L’IA, mais pas pour tout et n’importe quoi
Alors que certains géants américains du secteur commencent à tester des assistants conversationnels pour aider les utilisateurs timides à briser la glace, happn choisit de tracer une frontière très nette. Pour Karima Ben Abdelmalek, laisser un algorithme rédiger des messages de séduction à la place d’un humain est une fausse bonne idée qui mène droit à l’échec amoureux.
« Il y a quelqu’un qui va très bien s’exprimer dans une conversation grâce à l’IA, mais si ensuite vous allez boire un verre avec cette personne et que vous vous rendez compte qu’elle n’échange pas du tout de la même manière, le décalage va être terrible », prévient-elle. Dans un monde numérique de plus en plus poli par les algorithmes, la sincérité peut devenir un argument de différenciation. L’enjeu est de préserver la personnalité réelle, garante d’une rencontre réussie sur le long terme.
happn ne tire pas un trait sur l’IA pour autant. La plateforme cherche simplement à déplacer la technologie là où elle apporte une valeur ajoutée sans dénaturer l’échange, comme la logistique du premier rendez-vous. C’est la mission de la fonctionnalité « Perfect Date » : elle analyse les points communs et les centres d’intérêt partagés pour suggérer un lieu de rencontre concret.
Si deux utilisateurs partagent une passion pour l’art contemporain ou le crossfit, l’outil pourra proposer une exposition ou une salle de sport spécifique dans leur quartier commun. « C’est un vrai facilitateur parce qu’on ne pouvait pas le faire sans l’IA : ce serait beaucoup trop de travail de recenser tous les lieux où on peut sortir pour faire des rencontres », précise la dirigeante.
Selon elle, l’approche de happn prend tout son sens dans un Web saturé de contenus générés par IA et de deepfakes. « La confiance des utilisateurs est presque vitale. Si nous ne l’avons pas, c’est quand même notre modèle qui tombe à l’eau », conclut la dirigeante.

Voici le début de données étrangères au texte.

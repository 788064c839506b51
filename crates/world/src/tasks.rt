//! Tasks that wait, by their ids and by their moments.
ghost use Rattle.std.specs.Prelude.{◌≡◌, ◌↔◌, ◌<◌, [], IfOk, OnOk, OnErr, IsTrue, map, filter, option_map};
ghost use Rattle.std.specs.Option.{option_and_then};
ghost use Rattle.std.specs.Ordering.{nat_cmp};
ghost use Rattle.spec_value.specs.Table.{at};
ghost use Rattle.spec_world.specs.Links.{reads_on};
ghost use Rattle.spec_world.specs.Questions.{put_task};
ghost use Rattle.moo_task.specs.Waits.{read_on};
ghost use Rattle.world.specs.Due.{by_moment, due_ids, first_due_from};
ghost use Rattle.world.specs.Numbered.{signed_key};
ghost use Rattle.world.specs.Picked.{changed};

use crate::choice::{AllIds, ReadersOf, gather, is_gathered};
use crate::moments::{gather_due, moment_of, next_due};
use crate::pairs::{replace, with_moved};
use crate::records::{change_record, same_entries};
use due_table::DueTable;
use moo_task::task::Task;
use std::alloc::{AllocError, Global};
use std::marker::Model;
use world_table::Table;

// The key of the id 0: the negative ids are before it.
const ZERO: u64 = 2147483648;

/// Tasks that wait, by their ids, and which of them read or are due at a moment. They are shared with the worlds that they came from.
#[derive(Drop)]
pub(crate) struct Tasks {
    tasks: Table<Task, 7>,
    // the connections on which tasks read
    readers: Table<i32, 7>,
    // the moments at which tasks are due
    moments: DueTable,
}

impl Model for Tasks {
    ghost use Rattle.spec_value.specs.Table.{Numbered};
    ghost use Rattle.spec_world.specs.World.{Task as Meant};
    ghost use Rattle.spec_world.specs.WorldCode.{numbered_code, task_code};
    ghost use Rattle.world.specs.Numbered.{signed};
    ghost use Rattle.world.specs.Tasks.{AreTasks};

    ghost Value = { Numbered Meant };

    ghost coded = { numbered_code task_code };

    ghost view = { λ a. signed a.tasks.entries };

    ghost invariant = { λ a. AreTasks a.tasks.entries a.readers.entries a.moments };
}

impl Tasks {
    /// No tasks.
    #[tactic(auto, using(crate::proofs::TasksKept::no_tasks))]
    pub(crate) fn empty(alloc: Global) -> Tasks
        ensures { result ≡ [] }
    {
        Tasks {
            tasks: Table::empty(alloc),
            readers: Table::empty(alloc),
            moments: DueTable::empty(alloc),
        }
    }

    /// The task of an id.
    #[tactic(auto, using(crate::proofs::Maps::at_signed))]
    pub(crate) fn get(&self, id: i32) -> Option<&Task>
        ensures { option_map (λ t. t.now) result ≡ at self.now id }
    {
        self.tasks.get(key_of(id))
    }

    /// Another task of an id, or none. After an `Err` they are as they were.
    #[tactic(auto, using(crate::proofs::TasksKept::task_put, crate::proofs::TasksKept::tasks_kept))]
    pub(crate) fn put(&mut self, id: i32, task: Option<Task>) -> Result<(), AllocError>
        ensures ok { OnOk result (self.new ≡ put_task self.old id task) }
        ensures err { OnErr result (self.new ≡ self.old) }
    {
        let key = key_of(id);
        let _sorted = self.tasks.len();
        let readers = changed_reader(&self.readers, key, &task)?;
        let old = moment_of(self.tasks.get(key));
        let new = moment_of(task.as_ref());
        let moments = with_moved(&self.moments, key, old, new)?;
        change_record(&mut self.tasks, key, task)?;
        self.readers = readers;
        replace(&mut self.moments, moments);
        Ok(())
    }

    /// The same tasks, with one more owner.
    pub(crate) fn share(&self) -> Result<Tasks, AllocError>
        ensures { IfOk result (λ tasks. tasks ≡ self.now) }
    {
        Ok(Tasks {
            tasks: self.tasks.share()?,
            readers: self.readers.share()?,
            moments: self.moments.share()?,
        })
    }

    /// Whether two are the same tasks. It takes no memory.
    #[tactic(auto, using(crate::proofs::Walks::same_signed))]
    pub(crate) fn same(&self, other: &Tasks) -> bool
        ensures { IsTrue result ↔ self.now ≡ other.now }
    {
        same_entries(&self.tasks, &other.tasks)
    }

    /// Their ids, in order.
    pub(crate) fn ids(&self, alloc: Global) -> Result<Vec<i32>, AllocError>
        ensures { IfOk result (λ ids. ids.items ≡ map (λ e. e.0) self.now) }
    {
        let ids = gather(alloc, &self.tasks, &AllIds)?;
        Ok(ids)
    }

    /// Whether these are their ids, in order. It takes no memory.
    pub(crate) fn has_ids(&self, ids: &[i32]) -> bool
        ensures { IsTrue result ↔ map (λ e. e.0) self.now ≡ ids.now }
    {
        is_gathered(&self.tasks, &AllIds, ids)
    }

    /// The ids of those that read on a connection, in order. No other task is looked at.
    pub(crate) fn readers_on(&self, alloc: Global, connection: i32) -> Result<Vec<i32>, AllocError>
        ensures { IfOk result (λ ids. ids.items ≡ map (λ e. e.0) (filter (λ e. reads_on connection (e.1).waiting) self.now)) }
    {
        let ids = gather(alloc, &self.readers, &ReadersOf { connection })?;
        Ok(ids)
    }

    /// Whether these are the ids of those that read on a connection, in order. It takes no memory, and looks at no other task.
    pub(crate) fn has_readers_on(&self, connection: i32, ids: &[i32]) -> bool
        ensures { IsTrue result ↔ map (λ e. e.0) (filter (λ e. reads_on connection (e.1).waiting) self.now) ≡ ids.now }
    {
        is_gathered(&self.readers, &ReadersOf { connection }, ids)
    }

    /// The first task of this moment and this id, or after it, in the order in which tasks are due, with its moment. No other task is looked at.
    pub(crate) fn next_due(&self, moment: u32, id: i32) -> Option<(u32, i32)>
        ensures { result ≡ first_due_from moment id (by_moment self.now) }
    {
        next_due(&self.moments, moment, id)
    }

    /// The ids of those whose moment has come, by their moments and then by their ids. No other task is looked at.
    pub(crate) fn due(&self, alloc: Global, moment: u32) -> Result<Vec<i32>, AllocError>
        ensures { IfOk result (λ ids. ids.items ≡ due_ids moment self.now) }
    {
        let ids = gather_due(alloc, &self.moments, moment)?;
        Ok(ids)
    }
}

// The readers with this task in the place of the one that its key had.
fn changed_reader(
    readers: &Table<i32, 7>,
    key: u64,
    task: &Option<Task>,
) -> Result<Table<i32, 7>, AllocError>
    requires { key < 4294967296 }
    ensures { IfOk result (λ r. r.entries ≡ changed nat_cmp key (option_and_then (λ t. read_on t.waiting) task.now) readers.now.entries) }
{
    match connection_read(task) {
        Some(connection) => readers.with(key, connection),
        None => readers.without(key),
    }
}

// The connection on which a task reads, if there is one and it does.
fn connection_read(task: &Option<Task>) -> Option<i32>
    ensures { result ≡ option_and_then (λ t. read_on t.waiting) task.now }
{
    match task {
        Some(task) => task.reads_on(),
        None => None,
    }
}

/// The key of an id.
pub(crate) fn key_of(id: i32) -> u64
    ensures read { signed_key result ≡ id }
    ensures within { result < 4294967296 }
{
    if id < 0 {
        ZERO - 1 - (-1 - id) as u64
    } else {
        ZERO + id as u64
    }
}

/// The id that has a key.
pub(crate) fn id_of(key: u64) -> i32
    requires { key < 4294967296 }
    ensures { result ≡ signed_key key }
{
    if key < ZERO {
        -1 - (ZERO - 1 - key) as i32
    } else {
        (key - ZERO) as i32
    }
}
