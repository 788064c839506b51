//! A view of a world that nobody else changes meanwhile.
ghost use Rattle.std.specs.Prelude.{◌≡◌, true, false, [], IfOk, OnOk};
ghost use Rattle.std.specs.Option.{unwrap_or};
ghost use Rattle.spec_world.specs.Questions.{ask, apply, apply_all};
ghost use Rattle.view.specs.Meanings.{question_of, answer_of, change_of};
ghost use Rattle.view.specs.Sound.{IsSound};
ghost use Rattle.view.specs.Law.{Goes, Keeps};
ghost use Rattle.view.specs.Writing.{IsWrittenBy};
ghost use Rattle.world.specs.Amended.{amended_now};

use crate::draft::Draft;
use crate::overlay::Overlay;
use crate::worlds::World;
use moo_value::operator::BinaryOperator;
use moo_value::text::Text;
use moo_value::value::Value;
use std::alloc::{AllocError, Global};
use std::marker::Model;
use view::change::Change;
use view::changes::Changes;
use view::law::View;
use view::question::{Answer, Question};
use view::slot::Slot;
use view::verb::{Verb, Verbs};

/// A view of a world, which is borrowed and stays as it is. It keeps the changes, and nothing of what was read.
pub struct Alone<'w> {
    overlay: Overlay<'w>,
}

// Written out, so that letting go of all that it holds is proved here and not where one is let go.
impl<'w> Drop for Alone<'w> {
    fn drop(self) {
        let Alone { overlay: _overlay } = self;
    }
}

impl<'w> Model for Alone<'w> {
    ghost use Rattle.world.specs.Amended.{Amended, amended_code};

    ghost Value = { Amended };

    ghost coded = { amended_code };

    ghost view = { λ a. a.overlay };
}

impl<'w> Alone<'w> {
    /// A view with nothing changed, in the room of changes that are done with.
    #[inline(always)]
    pub fn over(alloc: Global, world: &'w World, room: Changes) -> Alone<'w>
        ensures empty { result ≡ record { home = world.now.plain; changes = [] } }
        ensures sound { IsSound world.now.plain }
    {
        world.know();
        Alone {
            overlay: Overlay::over(alloc, world.records(), room),
        }
    }

    /// What is to change, and the records with the changes, where they were made.
    #[inline(always)]
    pub fn finish(self) -> (Changes, Option<Draft>)
        ensures changes { result.0 ≡ self.entry.changes }
        ensures fork { unwrap_or result.1 (apply_all self.entry.changes self.entry.home) ≡ apply_all self.entry.changes self.entry.home }
    {
        let Alone { overlay } = self;
        overlay.finish()
    }

    // A slot gets another value for a programmer where it lies, in a change or in the records with the changes, if it is at hand there.
    #[inline(always)]
    #[tactic(auto, using(crate::proofs::Written::further_written))]
    fn write_there(
        &mut self,
        programmer: i32,
        object: i32,
        name: &Text,
        value: &Value,
    ) -> Result<bool, AllocError>
        ensures home { self.new.home ≡ self.old.home }
        ensures done { IfOk result (λ b. b ≡ true → IsWrittenBy programmer object name.now value.now true (amended_now self.old) (amended_now self.new)) }
        ensures left { IfOk result (λ b. b ≡ false → self.new ≡ self.old) }
    {
        self.overlay.write(programmer, object, name, value)
    }

    // The same by a change.
    #[inline(never)]
    fn write_anew(
        &mut self,
        programmer: i32,
        object: i32,
        name: &Text,
        value: &Value,
    ) -> Result<bool, AllocError>
        ensures home { self.new.home ≡ self.old.home }
        ensures now { IfOk result (λ b. IsWrittenBy programmer object name.now value.now b (amended_now self.old) (amended_now self.new)) }
    {
        let Some(slot) = self.overlay.slot(object, name)? else {
            return Ok(false);
        };
        let allowed = slot.is_written_by(programmer);
        if !allowed {
            return Ok(false);
        }
        let done = self.overlay.write_at_hand(programmer, object, name, value)?;
        if done {
            return Ok(true);
        }
        let name = name.clone()?;
        let value = value.clone()?;
        self.overlay.put(Change::Value(object, name, value))?;
        Ok(true)
    }
}

impl<'w> View for Alone<'w> {
    ghost holds = { λ a w. w ≡ a.home };

    ghost now = { λ a _. amended_now a };

    ghost home = { λ a. a.home };

    ghost anchor = { λ _. (0, 0) };

    fn get(&mut self, question: &Question) -> Result<Answer, AllocError> {
        self.overlay.ask(question)
    }

    #[inline(always)]
    fn slot(&mut self, object: i32, name: &Text) -> Result<Option<Slot>, AllocError> {
        self.overlay.slot(object, name)
    }

    #[inline(always)]
    fn value_at_hand(&self, programmer: i32, object: i32, name: &Text) -> Option<&Value> {
        self.overlay.value_at_hand(programmer, object, name)
    }

    #[inline(always)]
    fn kin_at_hand(&self, object: i32) -> Option<(i32, &Verbs)> {
        self.overlay.kin(object)
    }

    #[inline(always)]
    fn verb_at_hand(&self, object: i32, word: &Text) -> Option<(i32, &Verb)> {
        self.overlay.verb_at_hand(object, word)
    }

    #[inline(always)]
    fn keep_verb(&mut self, object: i32, word: &Text, definer: i32, place: usize) {
        self.overlay.keep_verb(object, word, definer, place)
    }

    #[inline(always)]
    fn is_marked(&self, object: i32, word: &Text) -> bool {
        self.overlay.is_marked(object, word)
    }

    #[inline(always)]
    fn mark_verb(&mut self, object: i32, word: &Text) {
        self.overlay.mark_verb(object, word)
    }

    #[inline(always)]
    fn write(
        &mut self,
        programmer: i32,
        object: i32,
        name: &Text,
        value: &Value,
    ) -> Result<bool, AllocError> {
        let done = self.write_there(programmer, object, name, value)?;
        if done {
            return Ok(true);
        }
        self.write_anew(programmer, object, name, value)
    }

    #[inline(always)]
    fn update_at_hand(
        &mut self,
        programmer: i32,
        object: i32,
        name: &Text,
        operator: BinaryOperator,
        second: i32,
    ) -> Result<Option<i32>, AllocError> {
        Ok(
            self.overlay
                .update(programmer, object, name, operator, second),
        )
    }

    fn parent(&mut self, object: i32) -> Result<Option<i32>, AllocError> {
        Ok(self.overlay.parent(object))
    }

    #[inline(always)]
    fn verbs(&mut self, object: i32) -> Result<Option<Verbs>, AllocError> {
        self.overlay.verbs(object).cloned()
    }

    #[tactic(auto, using(crate::proofs::History::amended_last))]
    #[inline(always)]
    fn put(&mut self, change: Change) -> Result<(), AllocError> {
        self.overlay.put(change)
    }
}
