//! Links by their numbers, and by the persons on them.
ghost use Rattle.std.specs.Prelude.{◌≡◌, ◌↔◌, ◌<◌, [], Some, pos, int_le, IfOk, IfSome, OnOk, OnErr, IsTrue, map, filter, option_map};
ghost use Rattle.std.specs.Option.{option_and_then};
ghost use Rattle.std.specs.Ordering.{int_cmp, int_eq};
ghost use Rattle.spec_value.specs.Table.{at, with};
ghost use Rattle.spec_world.specs.Questions.{put_record};
ghost use Rattle.world.specs.LinkTable.{IsKeyed};
ghost use Rattle.world.specs.Numbered.{unsigned_key};
ghost use Rattle.world.specs.Picked.{changed};

use crate::choice::{AllNumbers, LoggedIn, gather, is_gathered};
use crate::pairs::{gather_of, is_gathered_of, replace, with_moved};
use crate::records::{LAST_NUMBER, change_record, number_key, record_at, same_records};
use crate::tasks::key_of;
use due_table::DueTable;
use std::alloc::{AllocError, Global};
use std::marker::Model;
use view::link::Link;
use world_table::Table;

/// Links by their numbers, and the numbers of those of each person. They are shared with the worlds that they came from.
#[derive(Drop)]
pub(crate) struct Links {
    links: Table<Link, 4>,
    // the keys of links by those of their persons
    persons: DueTable,
}

impl Model for Links {
    ghost use Rattle.spec_value.specs.Table.{Numbered};
    ghost use Rattle.spec_world.specs.World.{Link as Meant};
    ghost use Rattle.spec_world.specs.WorldCode.{numbered_code, link_code};
    ghost use Rattle.world.specs.LinkTable.{AreLinks};
    ghost use Rattle.world.specs.Numbered.{numbered};

    ghost Value = { Numbered Meant };

    ghost coded = { numbered_code link_code };

    ghost view = { λ a. numbered a.links.entries };

    ghost invariant = { λ a. AreLinks a.links.entries a.persons };
}

impl Links {
    /// No links.
    #[tactic(auto, using(crate::proofs::LinksKept::no_links))]
    pub(crate) fn empty(alloc: Global) -> Links
        ensures { result ≡ [] }
    {
        Links {
            links: Table::empty(alloc),
            persons: DueTable::empty(alloc),
        }
    }

    /// The link of a number.
    pub(crate) fn get(&self, number: i32) -> Option<&Link>
        ensures { option_map (λ k. k.now) result ≡ at self.now number }
    {
        record_at(&self.links, number)
    }

    /// A link more, or another link of that number. After an `Err` they are as they were.
    pub(crate) fn insert(&mut self, number: u32, link: Link) -> Result<(), AllocError>
        requires { number < 1048576 }
        ensures ok { OnOk result (self.new ≡ with self.old (pos number) link) }
        ensures err { OnErr result (self.new ≡ self.old) }
    {
        self.change(u64::from(number), Some(link))
    }

    /// Another link of a number, or none: only numbers from 0 to 999,999 are given. After an `Err` they are as they were.
    pub(crate) fn put(&mut self, number: i32, link: Option<Link>) -> Result<(), AllocError>
        ensures ok { OnOk result (self.new ≡ put_record self.old number link) }
        ensures err { OnErr result (self.new ≡ self.old) }
    {
        let _numbers = self.links.len();
        match (number_key(number), link) {
            (Some(key), Some(link)) => {
                if key > LAST_NUMBER {
                    return Ok(());
                }
                self.change(key, Some(link))
            }
            (Some(key), None) => self.change(key, None),
            (None, _) => Ok(()),
        }
    }

    // Another link of a key, or none.
    #[tactic(auto, using(crate::proofs::LinksKept::link_put, crate::proofs::LinksKept::links_kept))]
    fn change(&mut self, key: u64, link: Option<Link>) -> Result<(), AllocError>
        requires key { key < 4294967296 }
        requires given { IfSome link (λ _. key < 1048576) }
        ensures ok { OnOk result (self.new ≡ changed int_cmp (pos key) link self.old) }
        ensures err { OnErr result (self.new ≡ self.old) }
    {
        let _sorted = self.links.len();
        let old = person_of(self.links.get(key));
        let new = person_of(link.as_ref());
        let persons = with_moved(&self.persons, key, old, new)?;
        change_record(&mut self.links, key, link)?;
        replace(&mut self.persons, persons);
        Ok(())
    }

    /// The same links, with one more owner.
    pub(crate) fn share(&self) -> Result<Links, AllocError>
        ensures { IfOk result (λ links. links ≡ self.now) }
    {
        Ok(Links {
            links: self.links.share()?,
            persons: self.persons.share()?,
        })
    }

    /// Whether two are the same links. It takes no memory.
    pub(crate) fn same(&self, other: &Links) -> bool
        ensures { IsTrue result ↔ self.now ≡ other.now }
    {
        same_records(&self.links, &other.links)
    }

    /// Their numbers, in order.
    pub(crate) fn numbers(&self, alloc: Global) -> Result<Vec<i32>, AllocError>
        ensures { IfOk result (λ numbers. numbers.items ≡ map (λ e. e.0) self.now) }
    {
        let _within = self.links.len();
        let numbers = gather(alloc, &self.links, &AllNumbers)?;
        Ok(numbers)
    }

    /// The numbers of those of a person, in order. No other link is looked at.
    pub(crate) fn connections(&self, alloc: Global, person: i32) -> Result<Vec<i32>, AllocError>
        ensures { IfOk result (λ numbers. numbers.items ≡ map (λ e. e.0) (filter (λ e. int_eq (e.1).person person) self.now)) }
    {
        let _within = self.links.len();
        let numbers = gather_of(alloc, &self.persons, person_key(person))?;
        Ok(numbers)
    }

    /// Whether these are the numbers of those of a person, in order. It takes no memory, and looks at no other link.
    pub(crate) fn has_connections(&self, person: i32, numbers: &[i32]) -> bool
        ensures { IsTrue result ↔ map (λ e. e.0) (filter (λ e. int_eq (e.1).person person) self.now) ≡ numbers.now }
    {
        let _within = self.links.len();
        is_gathered_of(&self.persons, person_key(person), numbers)
    }

    /// The numbers of those on which players have logged in, with the players, in the order of the numbers.
    pub(crate) fn connected(&self, alloc: Global) -> Result<Vec<(i32, i32)>, AllocError>
        ensures { IfOk result (λ players. players.items ≡ map (λ e. (e.0, (e.1).person)) (filter (λ e. int_le (pos 0) (e.1).person) self.now)) }
    {
        let _within = self.links.len();
        let players = gather(alloc, &self.links, &LoggedIn)?;
        Ok(players)
    }

    /// Whether these are they. It takes no memory.
    pub(crate) fn has_connected(&self, players: &[(i32, i32)]) -> bool
        ensures { IsTrue result ↔ map (λ e. (e.0, (e.1).person)) (filter (λ e. int_le (pos 0) (e.1).person) self.now) ≡ players.now }
    {
        let _within = self.links.len();
        is_gathered(&self.links, &LoggedIn, players)
    }
}

// The key of the person on a link, if there is a link.
fn person_of(link: Option<&Link>) -> Option<u32>
    ensures key { result ≡ option_and_then (λ l. Some (unsigned_key l.person)) (option_map (λ l. l.now) link.entry) }
    ensures keyed { IfSome (option_map (λ l. l.now) link.entry) (λ l. IsKeyed l.person) }
{
    let link = link?;
    Some(person_key(link.person))
}

// The key of a person.
fn person_key(person: i32) -> u32
    ensures key { result ≡ unsigned_key person }
    ensures keyed { IsKeyed person }
{
    key_of(person) as u32
}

- Face à l’explosion des profils générés par IA, happn mise sur un bouton de signalement et une modération proactive pour protéger l’authenticité de ses « crossing ».
- La plateforme refuse d’intégrer l’IA dans les conversations pour éviter tout décalage déceptif lors du passage du virtuel au réel.
- L’intelligence artificielle est ici réorientée vers la sécurité et la logistique du premier rendez-vous, avec pour priorité absolue la préservation de la confiance des utilisateurs.